_What this task involves_. Reproduce nothing but the closing run of lines: the line with "(row_sample source.now.split.now row.starts" and each line that follows it to the end of the data.

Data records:

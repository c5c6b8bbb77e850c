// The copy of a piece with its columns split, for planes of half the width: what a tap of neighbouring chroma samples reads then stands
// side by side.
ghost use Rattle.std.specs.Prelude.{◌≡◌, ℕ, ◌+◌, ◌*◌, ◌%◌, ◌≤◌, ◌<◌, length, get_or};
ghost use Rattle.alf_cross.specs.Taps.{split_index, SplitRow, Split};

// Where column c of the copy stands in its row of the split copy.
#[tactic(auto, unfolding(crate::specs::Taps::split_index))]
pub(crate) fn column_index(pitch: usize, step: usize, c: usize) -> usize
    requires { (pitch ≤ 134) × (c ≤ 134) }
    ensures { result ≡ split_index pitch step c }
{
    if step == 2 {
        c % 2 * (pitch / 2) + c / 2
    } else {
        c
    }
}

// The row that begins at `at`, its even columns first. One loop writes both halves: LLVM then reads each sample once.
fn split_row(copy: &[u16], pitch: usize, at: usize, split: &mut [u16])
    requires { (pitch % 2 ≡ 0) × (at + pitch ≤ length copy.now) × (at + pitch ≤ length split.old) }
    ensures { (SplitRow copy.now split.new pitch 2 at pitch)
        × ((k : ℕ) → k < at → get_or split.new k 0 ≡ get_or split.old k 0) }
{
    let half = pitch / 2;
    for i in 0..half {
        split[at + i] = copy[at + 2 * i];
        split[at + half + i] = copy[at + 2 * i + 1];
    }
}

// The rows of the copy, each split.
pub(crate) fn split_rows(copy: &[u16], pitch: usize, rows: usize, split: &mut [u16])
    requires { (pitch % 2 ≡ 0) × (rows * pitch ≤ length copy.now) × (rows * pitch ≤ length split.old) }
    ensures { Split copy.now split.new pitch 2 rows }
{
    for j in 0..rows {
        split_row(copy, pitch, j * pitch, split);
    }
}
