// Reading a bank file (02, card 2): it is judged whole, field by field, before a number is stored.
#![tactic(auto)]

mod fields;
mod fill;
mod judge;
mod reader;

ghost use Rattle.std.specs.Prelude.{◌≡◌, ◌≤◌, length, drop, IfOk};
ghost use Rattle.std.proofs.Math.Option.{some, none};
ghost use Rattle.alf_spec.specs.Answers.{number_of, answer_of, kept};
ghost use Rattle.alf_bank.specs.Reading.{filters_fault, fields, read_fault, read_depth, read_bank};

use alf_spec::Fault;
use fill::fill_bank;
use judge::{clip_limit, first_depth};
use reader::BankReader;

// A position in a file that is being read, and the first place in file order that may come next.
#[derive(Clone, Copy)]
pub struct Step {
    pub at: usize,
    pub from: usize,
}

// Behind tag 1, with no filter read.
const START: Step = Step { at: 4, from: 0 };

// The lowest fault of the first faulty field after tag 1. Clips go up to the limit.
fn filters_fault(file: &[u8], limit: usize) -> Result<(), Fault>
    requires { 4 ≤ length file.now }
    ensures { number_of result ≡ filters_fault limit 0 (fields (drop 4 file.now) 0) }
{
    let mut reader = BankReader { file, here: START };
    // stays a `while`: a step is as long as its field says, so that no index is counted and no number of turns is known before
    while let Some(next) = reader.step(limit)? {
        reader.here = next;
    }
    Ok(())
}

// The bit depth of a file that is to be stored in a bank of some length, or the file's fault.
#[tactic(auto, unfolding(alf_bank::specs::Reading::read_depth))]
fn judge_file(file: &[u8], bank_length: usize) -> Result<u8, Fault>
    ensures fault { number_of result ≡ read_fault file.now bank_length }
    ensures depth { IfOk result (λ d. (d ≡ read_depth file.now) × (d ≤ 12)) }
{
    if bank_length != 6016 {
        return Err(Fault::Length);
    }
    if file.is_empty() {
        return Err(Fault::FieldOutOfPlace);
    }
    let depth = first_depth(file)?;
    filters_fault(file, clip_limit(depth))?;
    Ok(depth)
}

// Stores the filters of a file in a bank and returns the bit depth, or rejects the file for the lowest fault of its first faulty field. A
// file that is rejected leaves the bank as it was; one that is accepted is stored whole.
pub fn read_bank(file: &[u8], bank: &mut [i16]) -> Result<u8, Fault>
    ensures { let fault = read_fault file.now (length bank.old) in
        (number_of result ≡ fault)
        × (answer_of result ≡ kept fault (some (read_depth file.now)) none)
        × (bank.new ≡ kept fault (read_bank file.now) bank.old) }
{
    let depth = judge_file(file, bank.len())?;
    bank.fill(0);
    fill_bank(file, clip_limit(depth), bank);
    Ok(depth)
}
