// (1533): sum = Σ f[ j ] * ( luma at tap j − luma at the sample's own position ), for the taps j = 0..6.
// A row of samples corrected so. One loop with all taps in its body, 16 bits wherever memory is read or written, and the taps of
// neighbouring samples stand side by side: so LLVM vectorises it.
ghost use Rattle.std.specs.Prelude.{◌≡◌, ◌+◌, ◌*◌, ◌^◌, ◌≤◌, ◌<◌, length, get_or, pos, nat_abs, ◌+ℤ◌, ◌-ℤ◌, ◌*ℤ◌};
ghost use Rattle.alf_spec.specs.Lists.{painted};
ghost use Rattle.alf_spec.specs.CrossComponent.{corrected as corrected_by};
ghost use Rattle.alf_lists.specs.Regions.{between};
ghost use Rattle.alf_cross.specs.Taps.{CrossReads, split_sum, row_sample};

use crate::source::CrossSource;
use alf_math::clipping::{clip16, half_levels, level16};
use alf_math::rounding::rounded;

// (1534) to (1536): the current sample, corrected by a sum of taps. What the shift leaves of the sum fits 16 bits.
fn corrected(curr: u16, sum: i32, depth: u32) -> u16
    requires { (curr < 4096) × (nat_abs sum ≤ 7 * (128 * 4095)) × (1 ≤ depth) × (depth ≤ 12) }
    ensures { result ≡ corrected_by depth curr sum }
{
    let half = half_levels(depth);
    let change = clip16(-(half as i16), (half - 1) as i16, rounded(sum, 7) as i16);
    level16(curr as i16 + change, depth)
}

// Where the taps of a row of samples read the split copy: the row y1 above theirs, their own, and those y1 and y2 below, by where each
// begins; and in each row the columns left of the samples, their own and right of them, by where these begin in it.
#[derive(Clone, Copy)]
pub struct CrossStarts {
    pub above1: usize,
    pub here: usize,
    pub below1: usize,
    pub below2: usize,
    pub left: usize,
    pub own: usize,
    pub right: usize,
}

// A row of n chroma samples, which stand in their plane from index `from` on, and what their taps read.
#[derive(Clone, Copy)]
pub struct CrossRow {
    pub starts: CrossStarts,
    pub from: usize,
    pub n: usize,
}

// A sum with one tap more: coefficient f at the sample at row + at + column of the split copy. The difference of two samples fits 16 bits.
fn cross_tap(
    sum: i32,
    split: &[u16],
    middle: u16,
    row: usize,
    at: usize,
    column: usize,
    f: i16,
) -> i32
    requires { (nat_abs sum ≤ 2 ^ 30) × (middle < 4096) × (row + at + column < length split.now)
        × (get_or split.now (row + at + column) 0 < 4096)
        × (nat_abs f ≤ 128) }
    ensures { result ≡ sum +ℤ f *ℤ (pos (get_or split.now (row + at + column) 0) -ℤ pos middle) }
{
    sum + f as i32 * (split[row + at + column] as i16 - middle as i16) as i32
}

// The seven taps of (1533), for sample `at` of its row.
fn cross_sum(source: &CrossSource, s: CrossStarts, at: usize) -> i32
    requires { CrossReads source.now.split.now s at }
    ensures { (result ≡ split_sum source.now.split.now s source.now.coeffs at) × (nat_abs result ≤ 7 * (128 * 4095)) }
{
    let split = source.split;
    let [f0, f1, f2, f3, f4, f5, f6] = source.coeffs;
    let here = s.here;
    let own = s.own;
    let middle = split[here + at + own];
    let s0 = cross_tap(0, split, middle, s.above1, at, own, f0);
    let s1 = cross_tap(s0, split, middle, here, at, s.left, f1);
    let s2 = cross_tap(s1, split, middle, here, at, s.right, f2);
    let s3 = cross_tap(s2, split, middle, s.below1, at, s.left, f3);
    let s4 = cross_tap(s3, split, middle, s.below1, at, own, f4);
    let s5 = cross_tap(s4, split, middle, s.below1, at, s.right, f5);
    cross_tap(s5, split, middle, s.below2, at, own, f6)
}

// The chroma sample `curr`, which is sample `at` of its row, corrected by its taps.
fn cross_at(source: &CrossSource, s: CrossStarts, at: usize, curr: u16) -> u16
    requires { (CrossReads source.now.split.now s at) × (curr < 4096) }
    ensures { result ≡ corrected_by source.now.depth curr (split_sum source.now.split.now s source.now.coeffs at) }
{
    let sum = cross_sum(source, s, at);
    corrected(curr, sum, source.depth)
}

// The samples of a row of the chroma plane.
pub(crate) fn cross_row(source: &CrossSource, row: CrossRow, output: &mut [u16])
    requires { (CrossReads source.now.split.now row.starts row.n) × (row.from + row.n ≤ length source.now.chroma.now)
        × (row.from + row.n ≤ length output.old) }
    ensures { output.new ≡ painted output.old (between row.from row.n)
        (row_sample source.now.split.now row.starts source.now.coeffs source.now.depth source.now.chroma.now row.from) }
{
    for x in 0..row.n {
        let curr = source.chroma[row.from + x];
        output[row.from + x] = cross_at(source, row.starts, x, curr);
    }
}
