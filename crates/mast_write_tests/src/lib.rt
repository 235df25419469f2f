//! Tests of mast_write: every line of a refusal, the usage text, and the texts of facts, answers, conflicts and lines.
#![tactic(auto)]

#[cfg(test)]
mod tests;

_Worked solution_.
        (row_sample source.now.split.now row.starts source.now.coeffs source.now.depth source.now.chroma.now row.from) }
{
    for x in 0..row.n {
        let curr = source.chroma[row.from + x];
        output[row.from + x] = cross_at(source, row.starts, x, curr);
    }
}
filename crates/mast_write_tests/src/lib.rt
repository 235df25419469f2f
//! Tests of mast_write: every line of a refusal, the usage text, and the texts of facts, answers, conflicts and lines.
#![tactic(auto)]

#[cfg(test)]
mod tests;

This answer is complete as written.